**Exercise objective:** Down to the last character, write out the records below.

** Opening Recorded data block **

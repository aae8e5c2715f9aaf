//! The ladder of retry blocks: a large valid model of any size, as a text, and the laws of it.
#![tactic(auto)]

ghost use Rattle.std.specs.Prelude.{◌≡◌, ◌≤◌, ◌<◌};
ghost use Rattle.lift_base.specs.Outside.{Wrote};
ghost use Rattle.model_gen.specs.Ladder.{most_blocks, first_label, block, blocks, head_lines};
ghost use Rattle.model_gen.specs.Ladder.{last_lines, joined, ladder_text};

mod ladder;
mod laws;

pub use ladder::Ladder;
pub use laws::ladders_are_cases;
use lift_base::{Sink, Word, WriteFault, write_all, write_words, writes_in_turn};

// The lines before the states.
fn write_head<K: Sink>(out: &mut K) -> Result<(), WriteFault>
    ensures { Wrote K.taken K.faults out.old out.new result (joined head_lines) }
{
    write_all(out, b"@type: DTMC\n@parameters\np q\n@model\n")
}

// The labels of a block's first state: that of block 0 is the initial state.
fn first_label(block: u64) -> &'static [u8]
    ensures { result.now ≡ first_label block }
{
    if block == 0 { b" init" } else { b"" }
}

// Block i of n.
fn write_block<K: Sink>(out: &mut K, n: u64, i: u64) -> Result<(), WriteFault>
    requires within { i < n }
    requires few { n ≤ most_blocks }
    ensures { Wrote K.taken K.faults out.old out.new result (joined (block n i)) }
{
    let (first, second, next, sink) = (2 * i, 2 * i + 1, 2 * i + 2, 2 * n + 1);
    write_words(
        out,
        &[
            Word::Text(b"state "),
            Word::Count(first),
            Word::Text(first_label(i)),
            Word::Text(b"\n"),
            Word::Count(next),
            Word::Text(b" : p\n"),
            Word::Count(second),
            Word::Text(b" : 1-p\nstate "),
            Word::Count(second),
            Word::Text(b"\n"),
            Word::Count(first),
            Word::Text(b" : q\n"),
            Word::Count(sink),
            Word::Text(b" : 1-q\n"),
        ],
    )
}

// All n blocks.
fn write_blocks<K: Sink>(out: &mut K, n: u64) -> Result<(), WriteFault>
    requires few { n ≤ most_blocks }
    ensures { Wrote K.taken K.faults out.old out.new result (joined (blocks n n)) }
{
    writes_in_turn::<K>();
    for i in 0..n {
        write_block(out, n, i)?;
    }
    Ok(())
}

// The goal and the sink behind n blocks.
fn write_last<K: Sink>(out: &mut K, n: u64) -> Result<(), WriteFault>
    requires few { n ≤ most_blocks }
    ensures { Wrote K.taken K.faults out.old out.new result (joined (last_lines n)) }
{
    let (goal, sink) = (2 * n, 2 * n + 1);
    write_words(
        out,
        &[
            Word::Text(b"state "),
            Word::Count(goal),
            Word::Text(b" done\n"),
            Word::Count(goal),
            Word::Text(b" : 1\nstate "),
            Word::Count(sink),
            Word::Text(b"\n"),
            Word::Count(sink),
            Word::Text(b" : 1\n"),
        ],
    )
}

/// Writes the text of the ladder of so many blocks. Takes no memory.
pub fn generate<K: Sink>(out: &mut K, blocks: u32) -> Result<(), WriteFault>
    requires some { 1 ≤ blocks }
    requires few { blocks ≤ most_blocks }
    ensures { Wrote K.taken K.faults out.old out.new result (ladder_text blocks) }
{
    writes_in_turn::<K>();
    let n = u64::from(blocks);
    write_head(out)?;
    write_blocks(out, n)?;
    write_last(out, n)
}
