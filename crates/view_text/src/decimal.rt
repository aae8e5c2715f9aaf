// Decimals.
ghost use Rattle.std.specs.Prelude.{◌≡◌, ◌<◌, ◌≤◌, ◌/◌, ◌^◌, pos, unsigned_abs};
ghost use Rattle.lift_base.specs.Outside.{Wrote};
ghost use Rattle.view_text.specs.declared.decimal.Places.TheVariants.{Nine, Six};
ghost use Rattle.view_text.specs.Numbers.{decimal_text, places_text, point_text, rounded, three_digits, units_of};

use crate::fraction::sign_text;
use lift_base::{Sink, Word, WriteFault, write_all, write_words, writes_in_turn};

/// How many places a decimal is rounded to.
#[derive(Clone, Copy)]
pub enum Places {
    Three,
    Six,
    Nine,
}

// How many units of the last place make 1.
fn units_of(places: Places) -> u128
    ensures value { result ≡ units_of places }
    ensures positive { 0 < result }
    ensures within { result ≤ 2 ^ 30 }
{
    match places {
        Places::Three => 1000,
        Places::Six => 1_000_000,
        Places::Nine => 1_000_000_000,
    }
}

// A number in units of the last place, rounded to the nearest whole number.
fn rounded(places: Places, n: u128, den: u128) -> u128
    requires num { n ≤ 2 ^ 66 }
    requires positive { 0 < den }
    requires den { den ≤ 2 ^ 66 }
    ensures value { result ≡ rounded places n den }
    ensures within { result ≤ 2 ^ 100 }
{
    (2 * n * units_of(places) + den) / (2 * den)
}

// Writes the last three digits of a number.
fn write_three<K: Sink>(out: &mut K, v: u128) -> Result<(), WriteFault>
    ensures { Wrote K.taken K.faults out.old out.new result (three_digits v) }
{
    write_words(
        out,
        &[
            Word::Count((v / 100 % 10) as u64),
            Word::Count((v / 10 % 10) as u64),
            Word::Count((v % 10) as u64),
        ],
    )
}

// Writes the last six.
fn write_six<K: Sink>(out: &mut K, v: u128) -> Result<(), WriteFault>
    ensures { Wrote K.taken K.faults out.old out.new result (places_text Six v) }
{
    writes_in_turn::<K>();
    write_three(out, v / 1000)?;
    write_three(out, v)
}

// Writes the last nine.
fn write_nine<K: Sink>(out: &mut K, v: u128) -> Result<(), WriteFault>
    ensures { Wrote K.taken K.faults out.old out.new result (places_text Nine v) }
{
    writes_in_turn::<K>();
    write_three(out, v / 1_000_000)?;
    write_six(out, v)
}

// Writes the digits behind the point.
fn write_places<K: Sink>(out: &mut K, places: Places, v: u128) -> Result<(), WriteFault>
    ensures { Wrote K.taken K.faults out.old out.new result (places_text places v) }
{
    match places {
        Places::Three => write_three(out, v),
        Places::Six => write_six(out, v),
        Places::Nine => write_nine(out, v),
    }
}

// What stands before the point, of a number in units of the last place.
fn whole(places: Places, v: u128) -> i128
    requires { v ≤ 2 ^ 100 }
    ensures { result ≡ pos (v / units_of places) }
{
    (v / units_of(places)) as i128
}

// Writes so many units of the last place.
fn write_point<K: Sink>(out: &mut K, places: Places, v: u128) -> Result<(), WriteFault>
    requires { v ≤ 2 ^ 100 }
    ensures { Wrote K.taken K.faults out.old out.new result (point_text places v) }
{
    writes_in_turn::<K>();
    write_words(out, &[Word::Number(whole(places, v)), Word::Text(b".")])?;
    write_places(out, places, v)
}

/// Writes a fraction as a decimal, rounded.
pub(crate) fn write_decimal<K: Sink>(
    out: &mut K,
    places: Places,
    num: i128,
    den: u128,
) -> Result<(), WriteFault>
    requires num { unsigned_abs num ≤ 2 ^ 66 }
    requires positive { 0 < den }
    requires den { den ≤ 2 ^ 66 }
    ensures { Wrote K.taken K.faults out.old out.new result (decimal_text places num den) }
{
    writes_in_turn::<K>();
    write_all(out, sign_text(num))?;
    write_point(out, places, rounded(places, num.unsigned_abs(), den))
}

** Closing Recorded data block **

**Response for this exercise:**
repository aae8e5c2715f9aaf
//! The ladder of retry blocks: a large valid model of any size, as a text, and the laws of it.
#![tactic(auto)]

ghost use Rattle.std.specs.Prelude.{◌≡◌, ◌≤◌, ◌<◌};
ghost use Rattle.lift_base.specs.Outside.{Wrote};
ghost use Rattle.model_gen.specs.Ladder.{most_blocks, first_label, block, blocks, head_lines};
ghost use Rattle.model_gen.specs.Ladder.{last_lines, joined, ladder_text};

mod ladder;
mod laws;

pub use ladder::Ladder;
pub use laws::ladders_are_cases;
use lift_base::{Sink, Word, WriteFault, write_all, write_words, writes_in_turn};

// The lines before the states.
fn write_head<K: Sink>(out: &mut K) -> Result<(), WriteFault>
    ensures { Wrote K.taken K.faults out.old out.new result (joined head_lines) }
{
    write_all(out, b"@type: DTMC\n@parameters\np q\n@model\n")
}

// The labels of a block's first state: that of block 0 is the initial state.
fn first_label(block: u64) -> &'static [u8]
    ensures { result.now ≡ first_label block }
{
    if block == 0 { b" init" } else { b"" }
}

// Block i of n.
fn write_block<K: Sink>(out: &mut K, n: u64, i: u64) -> Result<(), WriteFault>
    requires within { i < n }
    requires few { n ≤ most_blocks }
    ensures { Wrote K.taken K.faults out.old out.new result (joined (block n i)) }
{
    let (first, second, next, sink) = (2 * i, 2 * i + 1, 2 * i + 2, 2 * n + 1);
    write_words(
        out,
        &[
            Word::Text(b"state "),
            Word::Count(first),
            Word::Text(first_label(i)),
            Word::Text(b"\n"),
            Word::Count(next),
            Word::Text(b" : p\n"),
            Word::Count(second),
            Word::Text(b" : 1-p\nstate "),
            Word::Count(second),
            Word::Text(b"\n"),
            Word::Count(first),
            Word::Text(b" : q\n"),
            Word::Count(sink),
            Word::Text(b" : 1-q\n"),
        ],
    )
}

// All n blocks.
fn write_blocks<K: Sink>(out: &mut K, n: u64) -> Result<(), WriteFault>
    requires few { n ≤ most_blocks }
    ensures { Wrote K.taken K.faults out.old out.new result (joined (blocks n n)) }
{
    writes_in_turn::<K>();
    for i in 0..n {
        write_block(out, n, i)?;
    }
    Ok(())
}

// The goal and the sink behind n blocks.
fn write_last<K: Sink>(out: &mut K, n: u64) -> Result<(), WriteFault>
    requires few { n ≤ most_blocks }
    ensures { Wrote K.taken K.faults out.old out.new result (joined (last_lines n)) }
{
    let (goal, sink) = (2 * n, 2 * n + 1);
    write_words(
        out,
        &[
            Word::Text(b"state "),
            Word::Count(goal),
            Word::Text(b" done\n"),
            Word::Count(goal),
            Word::Text(b" : 1\nstate "),
            Word::Count(sink),
            Word::Text(b"\n"),
            Word::Count(sink),
            Word::Text(b" : 1\n"),
        ],
    )
}

/// Writes the text of the ladder of so many blocks. Takes no memory.
pub fn generate<K: Sink>(out: &mut K, blocks: u32) -> Result<(), WriteFault>
    requires some { 1 ≤ blocks }
    requires few { blocks ≤ most_blocks }
    ensures { Wrote K.taken K.faults out.old out.new result (ladder_text blocks) }
{
    writes_in_turn::<K>();
    let n = u64::from(blocks);
    write_head(out)?;
    write_blocks(out, n)?;
    write_last(out, n)
}
filename crates/view_text/src/decimal.rt
repository aae8e5c2715f9aaf
// Decimals.
ghost use Rattle.std.specs.Prelude.{◌≡◌, ◌<◌, ◌≤◌, ◌/◌, ◌^◌, pos, unsigned_abs};
ghost use Rattle.lift_base.specs.Outside.{Wrote};
ghost use Rattle.view_text.specs.declared.decimal.Places.TheVariants.{Nine, Six};
ghost use Rattle.view_text.specs.Numbers.{decimal_text, places_text, point_text, rounded, three_digits, units_of};

use crate::fraction::sign_text;
use lift_base::{Sink, Word, WriteFault, write_all, write_words, writes_in_turn};

/// How many places a decimal is rounded to.
#[derive(Clone, Copy)]
pub enum Places {
    Three,
    Six,
    Nine,
}

// How many units of the last place make 1.
fn units_of(places: Places) -> u128
    ensures value { result ≡ units_of places }
    ensures positive { 0 < result }
    ensures within { result ≤ 2 ^ 30 }
{
    match places {
        Places::Three => 1000,
        Places::Six => 1_000_000,
        Places::Nine => 1_000_000_000,
    }
}

// A number in units of the last place, rounded to the nearest whole number.
fn rounded(places: Places, n: u128, den: u128) -> u128
    requires num { n ≤ 2 ^ 66 }
    requires positive { 0 < den }
    requires den { den ≤ 2 ^ 66 }
    ensures value { result ≡ rounded places n den }
    ensures within { result ≤ 2 ^ 100 }
{
    (2 * n * units_of(places) + den) / (2 * den)
}

// Writes the last three digits of a number.
fn write_three<K: Sink>(out: &mut K, v: u128) -> Result<(), WriteFault>
    ensures { Wrote K.taken K.faults out.old out.new result (three_digits v) }
{
    write_words(
        out,
        &[
            Word::Count((v / 100 % 10) as u64),
            Word::Count((v / 10 % 10) as u64),
            Word::Count((v % 10) as u64),
        ],
    )
}

// Writes the last six.
fn write_six<K: Sink>(out: &mut K, v: u128) -> Result<(), WriteFault>
    ensures { Wrote K.taken K.faults out.old out.new result (places_text Six v) }
{
    writes_in_turn::<K>();
    write_three(out, v / 1000)?;
    write_three(out, v)
}

// Writes the last nine.
fn write_nine<K: Sink>(out: &mut K, v: u128) -> Result<(), WriteFault>
    ensures { Wrote K.taken K.faults out.old out.new result (places_text Nine v) }
{
    writes_in_turn::<K>();
    write_three(out, v / 1_000_000)?;
    write_six(out, v)
}

// Writes the digits behind the point.
fn write_places<K: Sink>(out: &mut K, places: Places, v: u128) -> Result<(), WriteFault>
    ensures { Wrote K.taken K.faults out.old out.new result (places_text places v) }
{
    match places {
        Places::Three => write_three(out, v),
        Places::Six => write_six(out, v),
        Places::Nine => write_nine(out, v),
    }
}

// What stands before the point, of a number in units of the last place.
fn whole(places: Places, v: u128) -> i128
    requires { v ≤ 2 ^ 100 }
    ensures { result ≡ pos (v / units_of places) }
{
    (v / units_of(places)) as i128
}

// Writes so many units of the last place.
fn write_point<K: Sink>(out: &mut K, places: Places, v: u128) -> Result<(), WriteFault>
    requires { v ≤ 2 ^ 100 }
    ensures { Wrote K.taken K.faults out.old out.new result (point_text places v) }
{
    writes_in_turn::<K>();
    write_words(out, &[Word::Number(whole(places, v)), Word::Text(b".")])?;
    write_places(out, places, v)
}

/// Writes a fraction as a decimal, rounded.
pub(crate) fn write_decimal<K: Sink>(
    out: &mut K,
    places: Places,
    num: i128,
    den: u128,
) -> Result<(), WriteFault>
    requires num { unsigned_abs num ≤ 2 ^ 66 }
    requires positive { 0 < den }
    requires den { den ≤ 2 ^ 66 }
    ensures { Wrote K.taken K.faults out.old out.new result (decimal_text places num den) }
{
    writes_in_turn::<K>();
    write_all(out, sign_text(num))?;
    write_point(out, places, rounded(places, num.unsigned_abs(), den))
}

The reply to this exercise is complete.